The brain areas, which contributed to the contrast between march and waltz at the downbeat position (middle). The color-coded voxels belong to an area surrounding a local maximum in the maps of significant results of nonparametric testing the PLS results. The color represents the contrast strength, calculated as the accumulated source power difference across time points at which difference was found as significant by bootstrapping accompanied with PLS. At selected brain areas, the time series of the mean of source power within the group of adjacent voxels is shown in the surrounding panels. The anatomical labels are taken from the center of gravity of each group of connected voxels. L, Left; R, right.

The difference between the downbeat and the upbeat within the waltz context, identified by the second LV, is illustrated in Figure 5. The activities were manifested in similar areas but with more left hemispheric activities, particularly in the basal ganglia and the thalamus (Table 2). Right hemispheric regions commonly showed larger peaks at ∼80 ms latency for the upbeat compared with the downbeat. Furthermore, different response patterns between the left and right hemispheres were present again at hippocampal sites. The peak activity at 80 ms latency was observed in the left hippocampus with an earlier peak for the downbeat compared with the upbeat, whereas the right hippocampal area showed multiple distinct peaks after 150 ms for the upbeat in the waltz condition.

Figure 5.

Maps of contrast strength between downbeat and upbeat within the waltz context (middle).

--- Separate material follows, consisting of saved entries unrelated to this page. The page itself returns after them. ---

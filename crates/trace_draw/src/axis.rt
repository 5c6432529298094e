//! The axis of a window: its ticks.
ghost use Rattle.std.specs.Prelude.{◌≡◌, IfOk};
ghost use Rattle.trace_draw.specs.Ticks.{ticks_of};

use crate::steps::step_over;
use crate::ticks::Tick;
use crate::window::Window;
use std::alloc::{AllocError, Allocator};

/// The ticks that a window shows: each multiple of its step.
pub fn ticks<A: Allocator>(alloc: A, window: Window) -> Result<Vec<Tick, A>, AllocError>
    ensures { IfOk result (λ ticks. ticks.items ≡ ticks_of window) }
{
    let (from, to) = (window.from(), window.to());
    let (count, unit) = step_over(to - from);
    let nanos = count * unit.nanos();
    let mut ticks = Vec::new(alloc);
    for number in from.div_ceil(nanos)..=to / nanos {
        ticks.push(Tick {
            moment: number * nanos,
            count: number * count,
            unit,
        })?;
    }
    Ok(ticks)
}
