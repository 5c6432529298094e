//! Where a moment stands in a picture.
ghost use Rattle.std.specs.Prelude.{◌≡◌};
ghost use Rattle.trace_draw.specs.Scale.{place_of};

use crate::window::Window;

/// Where a moment stands in a picture of this width that shows a window: 0 at its first moment, the width at its last one.
///
/// A moment before the window stands at 0, and one behind it at the width. Between the two it is the moment's part of the
/// width, rounded down. All stand at 0 where the window is of one moment.
pub fn place(window: Window, width: u32, moment: u64) -> u32
    ensures { result ≡ place_of window width moment }
{
    let (from, to) = (window.from(), window.to());
    if from == to {
        return 0;
    }
    let passed = moment.max(from).min(to) - from;
    (passed as u128 * width as u128 / (to - from) as u128) as u32
}
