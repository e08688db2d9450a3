//! The words of one basis, and the steps of seats at them. Each step loads, stores or exchanges one word.
ghost use Rattle.std.specs.Prelude.{ℕ, Some, ◌≡◌, ◌≢◌, ◌+◌, ◌*◌, ◌^◌, ◌<◌, ◌≤◌, [], ◌∷◌, length, slice_index, replicate, IfOk};
ghost use Rattle.table_rows.specs.declared.view.View.TheVariants.{Founder};
ghost use Rattle.linear_spec.specs.Passing.{AreEquations};
ghost use Rattle.table_rows.specs.Good.{IsNextRegion};
ghost use Rattle.table_rows.specs.Layout.{basis_length, call_in, caller_in, place_of};
ghost use Rattle.table_rows.specs.Rule.{TableRule};
ghost use Rattle.table_rows.specs.Seats.{IsCallerAt, IsExchanged, IsFounderAt, IsMadeWith, IsTable, TableValue};
ghost use Rattle.table_rows.specs.Steps.{IsSoundView, draft_words, after_empty, after_found, after_number, after_read, after_write};
ghost use Rattle.table_rows.specs.Views.{IsReadWhole, IsWhole, first_founder, new_caller, width_of, word_read, words_read};

use crate::exchange::Exchanged;
use crate::layout::{words_of_basis, words_of_region};
use crate::rule::{BasisRule, Exchange, Look, Number, Read, Write};
use crate::seats::{CallerSeat, FounderSeat};
use crate::view::{Parameters, View};
use atomic_table::Table;
use gf16::Memory;
use linear_spec::Equations;
use std::alloc::Global;
use std::marker::Model;
use std::snapshot::Snapshot;

/// The words of one basis, which threads share by `&`.
#[derive(Drop)]
pub struct BasisTable {
    pub(crate) table: Table<(), View, Parameters, BasisRule, Global>,
    k: u16,
    s: u16,
}

impl Model for BasisTable {
    ghost Value = { TableValue };

    ghost view = { λ t. record { table = t.table.shared.table_id; parameters = t.table.shared.key } };

    ghost invariant = { λ t. IsTable t.table.shared.table_id t.table.shared.key t.k t.s };
}

/// A table that was made, and the seat of its founder.
#[derive(Drop)]
pub struct Opened {
    pub table: BasisTable,
    pub founder: FounderSeat,
}

impl BasisTable {
    /// A table of words that are all 0, for so many callers, and its founder, who has numbered nobody.
    pub fn make(
        alloc: Global,
        generation: u16,
        k: u16,
        s: u16,
        passes: u32,
        equations: &Equations,
    ) -> Result<Opened, Memory>
        requires passes { (1 ≤ passes) × (passes ≤ 16) }
        requires shape { (1 ≤ k) × (k ≤ 64) × (k ≡ equations.now.k) × (s ≡ equations.now.s) }
        requires equations { AreEquations equations.now × (generation < equations.now.generations) }
        ensures parameters { IfOk result (λ o. IsMadeWith o.table.parameters generation k s passes equations.now) }
        ensures founder { IfOk result (λ o. (o.founder.table ≡ o.table.table) × (o.founder.view ≡ first_founder o.table.parameters)) }
        ensures rule { IfOk result (λ o. TableRule o.table.parameters (replicate (basis_length k s passes) 0) (Founder o.founder.view ∷ [])) }
    {
        let parameters = Parameters {
            generation,
            k,
            s,
            passes,
            equations: Snapshot::of(equations),
        };
        let count = words_of_basis(k, s, passes) as usize;
        let words = Vec::from_elem(alloc, 0u64, count)?;
        let (table, seat) = Table::<(), View, Parameters, BasisRule, Global>::of_words(
            alloc,
            words.as_slice(),
            &parameters,
        )?;
        Ok(Opened {
            table: BasisTable { table, k, s },
            founder: FounderSeat { seat },
        })
    }

    /// The place of a word of a region.
    fn place(&self, region: u64, place: u32) -> usize
        requires region { (1 ≤ region) × (region ≤ self.now.parameters.passes + self.now.parameters.k) }
        requires place { place < width_of self.now.parameters }
        ensures value { result ≡ place_of self.now.parameters.k self.now.parameters.s region place }
        ensures within { result < self.now.table.words }
    {
        let start = u64::from(self.k) + (region - 1) * words_of_region(self.k, self.s);
        (start + u64::from(place)) as usize
    }

    /// Loads word `n` of the directory, and answers it: the region there, or 0. It is a move.
    pub fn look(&self, seat: &mut CallerSeat, n: u16) -> u64
        requires seat { IsCallerAt self.now seat.old }
        requires next { (n ≡ length seat.old.view.sight.front.known) × (n < self.now.parameters.k) }
        ensures seat { IsCallerAt self.now seat.new }
        ensures found { result ≢ 0 → seat.new.view ≡ after_found seat.old.view result }
        ensures empty { result ≡ 0 → seat.new.view ≡ after_empty seat.old.view }
        ensures sound { IsSoundView seat.new.view }
    {
        let at = usize::from(n);
        self.table.shared.load::<Look>(&mut seat.seat, at)
    }

    /// Loads the word at a place of region `n` of the directory, and answers it: the same as ever. It is a read.
    pub fn read(&self, seat: &mut CallerSeat, n: u16, region: u64, place: u32) -> u64
        requires seat { IsCallerAt self.now seat.old }
        requires known { (n < length seat.old.view.sight.front.known) × (region ≡ slice_index seat.old.view.sight.front.known n) }
        requires place { place < width_of self.now.parameters }
        ensures seat { IsCallerAt self.now seat.new }
        ensures read { seat.new.view ≡ after_read seat.old.view n place result }
        ensures again { (word : ℕ) → word_read seat.old.view.sight.front.read n place ≡ Some word → result ≡ word }
        ensures sound { IsSoundView seat.new.view }
    {
        let own = &mut seat.seat;
        let at = self.place(region, place);
        self.table.shared.load::<Read>(own, at)
    }

    /// Stores a word at a place of the seat's own draft. It raises no count.
    pub fn write(&self, seat: &mut CallerSeat, draft: u64, place: u32, word: u64)
        requires seat { IsCallerAt self.now seat.old }
        requires draft { draft ≡ seat.old.view.draft }
        requires place { place < width_of self.now.parameters }
        ensures seat { IsCallerAt self.now seat.new }
        ensures written { seat.new.view ≡ after_write seat.old.view place word }
        ensures sound { IsSoundView seat.new.view }
    {
        let own = &mut seat.seat;
        let at = self.place(draft, place);
        self.table.shared.store::<Write>(own, at, word);
    }

    /// Exchanges word `n` of the directory from 0 to the seat's own draft, which has a whole record with the caller's number and
    /// this number of its call. Won where the word was 0: the record is the next one, and the seat has another draft. Lost
    /// where it was not: the region there is known. It is a move. The number of the call is for the contract alone.
    pub fn append(&self, seat: &mut CallerSeat, draft: u64, n: u16, call: u32) -> Exchanged
        requires seat { IsCallerAt self.now seat.old }
        requires draft { (draft ≡ seat.old.view.draft) × IsWhole seat.old.view.written }
        requires next { (n ≡ length seat.old.view.sight.front.known) × (n < self.now.parameters.k) }
        requires named { (caller_in (draft_words seat.old.view) ≡ seat.old.view.number) × (call_in (draft_words seat.old.view) ≡ call) }
        requires read { IsReadWhole seat.old.view.sight.front }
        requires good { IsNextRegion self.now.parameters (words_read seat.old.view.sight.front) (draft_words seat.old.view) }
        ensures seat { IsCallerAt self.now seat.new }
        ensures exchanged { IsExchanged seat.old.view seat.new.view result }
        ensures sound { IsSoundView seat.new.view }
    {
        let _ = call;
        let found = self
            .table
            .shared
            .compare_exchange::<Exchange>(&mut seat.seat, usize::from(n), 0, draft);
        if found == 0 {
            Exchanged::Won
        } else {
            Exchanged::Lost { region: found }
        }
    }

    /// Gives the next number to a new caller.
    pub fn number(&self, founder: &mut FounderSeat) -> CallerSeat
        requires seat { IsFounderAt self.now founder.old }
        requires left { length founder.old.view.joined < self.now.parameters.passes }
        ensures founder { IsFounderAt self.now founder.new × (founder.new.view ≡ after_number founder.old.view) }
        ensures caller { IsCallerAt self.now result × (result.view ≡ new_caller self.now.parameters (length founder.old.view.joined)) }
    {
        let seat = self.table.shared.split_seat::<Number>(&mut founder.seat);
        CallerSeat { seat }
    }
}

Time series of source power are shown at selected voxels (surrounding panels). L, Left; R, right.

The responses in all four conditions obtained from bilateral parahippocampal gyri under the four conditions are presented in Figure 6. Bilateral hippocampal activity showed a dominant peak before 100 ms for all conditions, with somewhat earlier latency in the left hemisphere compared with the right. It is noteworthy that the time course of activities in the time interval 150–300 ms in the right hippocampal region clearly distinguishes the four conditions.

Figure 6.

Time series of the mean responses in the left and right parahippocampal areas for all four conditions.

Discussion

Our MEG data show that a subjective meter context leads to spatiotemporal modulation of neural activities in hippocampus and surrounding areas in addition to basal ganglia, premotor, auditory, and association cortices, and insula. Multivariate analysis identified a largest effect of the metric contrast between waltz and march. Although the activity in motor-related areas, especially the premotor cortex and inferior frontal gyrus (IFG) [Brodmann area 44 (BA 44)], can be explained partly by the established association of sound and action (Kohler et al., 2002), during our task, the accent contrast, obtained for waltz only, was not as strong as the metric contrast between march and waltz. Thus, the overall difference between march and waltz explained by the first LV is the primary evidence of internal metric organization rather than the accent contrast. This is by large in line with our musical experience in that the downbeat in march has a different feel from the downbeat in waltz. The same is true for the upbeat. Perhaps this is why a musical piece of one meter (march) induces a different feeling continuously at any beat from that by the piece of another meter (waltz). This clearly speaks for the significance of metric contrast observed robustly in space and time across the various brain areas.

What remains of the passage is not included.